For all the vast resources US firms have poured into the tech, their Chinese rival has shown their achievements can be emulated.

Reception from the science community

Days before the news outlets discovered DeepSeek, the company published a paper about its Large Language Models (LLMs) and its new chatbot on arXiv. Here’s a little more information,

DeepSeek-R1: Incentivizing Reasoning Capability in LLMs via Reinforcement Learning

[over 100 authors are listed]

We introduce our first-generation reasoning models, DeepSeek-R1-Zero and DeepSeek-R1. DeepSeek-R1-Zero, a model trained via large-scale reinforcement learning (RL) without supervised fine-tuning (SFT) as a preliminary step, demonstrates remarkable reasoning capabilities. Through RL, DeepSeek-R1-Zero naturally emerges with numerous powerful and intriguing reasoning behaviors. However, it encounters challenges such as poor readability, and language mixing. To address these issues and further enhance reasoning performance, we introduce DeepSeek-R1, which incorporates multi-stage training and cold-start data before RL. DeepSeek-R1 achieves performance comparable to OpenAI-o1-1217 on reasoning tasks. To support the research community, we open-source DeepSeek-R1-Zero, DeepSeek-R1, and six dense models (1.5B, 7B, 8B, 14B, 32B, 70B) distilled from DeepSeek-R1 based on Qwen and Llama.

Cite as: arXiv:2501.12948 [cs.CL]
(or arXiv:2501.12948v1 [cs.CL] for this version)
https://doi.org/10.48550/arXiv.2501.12948

Submission history

From: Wenfeng Liang [view email]
[v1] Wed, 22 Jan 2025 15:19:35 UTC (928 KB)

You can also find a PDF version of the paper here or another online version here at Hugging Face.

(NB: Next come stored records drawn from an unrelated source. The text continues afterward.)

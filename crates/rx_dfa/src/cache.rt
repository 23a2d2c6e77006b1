//! The states of an automaton that searches have reached, and the table of the steps between them.

ghost use Rattle.std.specs.Prelude.{◌≡◌, ◌⊎◌, ◌+◌, ◌*◌, ◌<◌, ◌≤◌, ◌++◌, ◌∷◌, [], ℕ, true, false};
ghost use Rattle.std.specs.Prelude.{None, Some, length, replicate, set, slice_get, All};
ghost use Rattle.std.specs.Prelude.{IfSome, IfOk, IfErr, OnOk, OnErr};
ghost use Rattle.rx_util.specs.declared.search.MatchError.{MatchError};
ghost use Rattle.rx_dfa.specs.declared.states.AutomatonState.{AutomatonState};
ghost use Rattle.rx_dfa.specs.Alphabets.{column_count};
ghost use Rattle.rx_dfa.specs.Automata.{directed, directed_by};
ghost use Rattle.rx_dfa.specs.Caches.{GivesUpLate, HasFirst, HasNoRoom, IsBare, IsCacheOf};
ghost use Rattle.rx_dfa.specs.Caches.{IsEntryTo, IsNewState, IsSameState, KeepNumbers};
ghost use Rattle.rx_dfa.specs.Caches.{counted, size_of, size_of_parts, used_with};
ghost use Rattle.rx_dfa.specs.DenseTables.{HasOneFirst};
ghost use Rattle.rx_dfa.specs.Directions.{backward, forward};
ghost use Rattle.rx_dfa.specs.States.{IsFirstState, IsStateOf, IsStep};
ghost use Rattle.rx_dfa.specs.Tables.{HasStepped, HoldsBy, IsCacheBy};

use crate::alphabet::Alphabet;
use crate::automaton::{Automaton, Way};
use crate::behind::Behind;
use crate::maker::Maker;
use crate::states::{Ahead, AutomatonState, Starting};
use crate::table::Table;
use rx_program::{Program, ReverseProgram};
use rx_steps::Node;
use rx_util::MatchError;
use std::alloc::{AllocError, Global};
use std::collections::HashMap;
use std::marker::Model;
use std::mem::size_of;

/// Entries from here on lead to states after a match end.
pub(crate) const ENDS: u32 = 0x8000_0000;
/// Entries from here on lead to dead states, or are one of the next two.
pub(crate) const STOPS: u32 = 0xC000_0000;
/// The entry of a step before which a search must quit.
pub(crate) const QUIT: u32 = 0xFFFF_FFFE;
/// The entry of a step that isn't known.
pub(crate) const UNKNOWN: u32 = 0xFFFF_FFFF;

/// How often a search clears the cache before it gives up.
pub(crate) const CLEARS: usize = 3;

/// How many bytes searches must read for each clear of the cache, if it was cleared that often: to
/// compute as many states as have room takes about as long as to follow threads through these.
const BYTES_A_CLEAR: usize = 50_000;

/// The bytes of a node of a state.
pub(crate) const NODE_BYTES: usize = size_of::<Node>();
/// The bytes of an entry of a row.
pub(crate) const ENTRY_BYTES: usize = size_of::<u32>();
/// The bytes of a state without its nodes and its row.
pub(crate) const STATE_BYTES: usize = size_of::<AutomatonState>();

/// What searches with an automaton keep between searches. Contracts see the number of nodes of each
/// state of its program, the length of a row, the rows, the state of each row, the approximate
/// number of bytes of all states, and how often the last search cleared them.
#[derive(Debug)]
pub struct Cache {
    pub(crate) maker: Maker,
    pub(crate) width: usize,
    // A row for each state, with an entry for each column.
    pub(crate) table: Vec<u32>,
    pub(crate) states: Vec<AutomatonState>,
    // The number of a state by its hash; the last one if several have the same hash.
    pub(crate) numbers: HashMap<u64, usize>,
    // The approximate number of bytes of the states.
    pub(crate) used: usize,
    // How often this search cleared the cache, and all searches together.
    pub(crate) cleared: usize,
    pub(crate) clear_count: usize,
    // The numbers of start states, by how threads start and what precedes.
    pub(crate) firsts: [usize; 15],
}

// Written out, so that crates above needn't prove how the fields are dropped.
impl Drop for Cache {
    fn drop(self) {
        let Cache {
            maker: _maker,
            width: _width,
            table: _table,
            states: _states,
            numbers: _numbers,
            used: _used,
            cleared: _cleared,
            clear_count: _clear_count,
            firsts: _firsts,
        } = self;
    }
}

impl Model for Cache {
    ghost use Rattle.rx_dfa.specs.Caches.{AreNumbered, CacheView};

    ghost Value = { CacheView };

    ghost view = { λ c. record {
      widths = c.maker.stepper.widths;
      width = c.width;
      table = c.table.items;
      states = c.states.items;
      used = c.used;
      cleared = c.cleared;
    } };

    ghost invariant = { λ c. AreNumbered c.states.items c.numbers };
}

/// Returns the index in `firsts` of a start state's number.
fn kept_at(starting: &Starting, behind: &Behind) -> usize {
    let side = behind.number();
    match starting {
        Starting::Never => side,
        Starting::Once(_) => side + 5,
        Starting::Always(_) => side + 10,
    }
}

/// Returns the approximate number of bytes of a state with this many nodes and entries.
fn size_of_parts(nodes: usize, entries: usize) -> usize
    ensures { result ≡ counted (size_of_parts nodes entries) }
{
    let row = entries.saturating_mul(ENTRY_BYTES);
    nodes
        .saturating_mul(NODE_BYTES)
        .saturating_add(row)
        .saturating_add(2 * STATE_BYTES)
}

/// Adds a row of unknown entries.
fn push_row(table: &mut Vec<u32>, width: usize) -> Result<(), AllocError>
    ensures { OnOk result (table.new.items ≡ table.old.items ++ replicate width UNKNOWN) }
{
    for _ in 0..width {
        table.push(UNKNOWN)?;
    }
    Ok(())
}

As for the science community’s response, the title of Elizabeth Gibney’s January 23, 2025 article “China’s cheap, open AI model DeepSeek thrills scientists” for Nature says it all, Note: Links have been removed,

A Chinese-built large language model called DeepSeek-R1 is thrilling scientists as an affordable and open rival to ‘reasoning’ models such as OpenAI’s o1.

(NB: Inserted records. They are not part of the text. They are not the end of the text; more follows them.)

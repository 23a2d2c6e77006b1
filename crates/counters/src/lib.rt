//! A counter that only contracts read, of no bytes at run time.
#![tactic(auto)]

mod counter;

pub use counter::Counter;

These models generate responses step-by-step, in a process analogous to human reasoning. This makes them more adept than earlier language models at solving scientific problems and could make them useful in research. Initial tests of R1, released on 20 January, show that its performance on certain tasks in chemistry, mathematics and coding is on par with that of o1 — which wowed researchers when it was released by OpenAI in September.

“This is wild and totally unexpected,” Elvis Saravia, an AI researcher and co-founder of the UK-based AI consulting firm DAIR.AI, wrote on X.

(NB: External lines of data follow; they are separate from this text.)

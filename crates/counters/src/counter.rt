//! A number that only contracts read.
use std::marker::Model;
use std::mem;
use std::snapshot::Snapshot;

/// Counts from 0. It takes no bytes at run time, so only contracts can read it, and it never
/// overflows.
#[derive(Drop)]
pub struct Counter {
    chain: Snapshot<Chain>,
}

// One link for each step counted. No value but `Start` is ever made.
#[derive(Drop)]
enum Chain {
    Start,
    OneMore(Snapshot<Chain>),
}

impl Model for Counter {
    ghost use Rattle.std.specs.Prelude.{ℕ};
    ghost use Rattle.counters.specs.Chains.{links_of};

    ghost Value = { ℕ };

    ghost view = { λ counter. links_of counter.chain.value };
}

impl Counter {
    ghost use Rattle.std.specs.Prelude.{◌≡◌, ◌+◌};

    /// Returns a counter at 0.
    #[inline(always)]
    pub fn new() -> Counter
        ensures { result ≡ 0 }
    {
        Counter {
            chain: Snapshot::of(&Chain::Start),
        }
    }

    /// Counts one more.
    #[inline(always)]
    pub fn add(&mut self)
        ensures { self.new ≡ self.old + 1 }
    {
        let before = mem::replace(&mut self.chain, Snapshot::of(&Chain::Start));
        self.chain = Snapshot::of(&Chain::OneMore(before));
    }
}

const _: () = prove!(size_of::<Counter>() == 0);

R1 stands out for another reason. DeepSeek, the start-up in Hangzhou that built the model, has released it as ‘open-weight’, meaning that researchers can study and build on the algorithm. Published under an MIT licence, the model can be freely reused but is not considered fully open source, because its training data has not been made available.

“The openness of DeepSeek is quite remarkable,” says Mario Krenn, leader of the Artificial Scientist Lab at the Max Planck Institute for the Science of Light in Erlangen, Germany. By comparison, o1 and other models built by OpenAI in San Francisco, California, including its latest effort o3 are “essentially black boxes”, he says.

DeepSeek hasn’t released the full cost of training R1, but it is charging people using its interface around one-thirtieth of what o1 costs to run. The firm has also created mini ‘distilled’ versions of R1 to allow researchers with limited computing power to play with the model. An “experiment that cost more than £300 with o1, cost less than $10 with R1,” says Krenn. “This is a dramatic difference which will certainly play a role its future adoption.”

The kerfuffle has died down for now.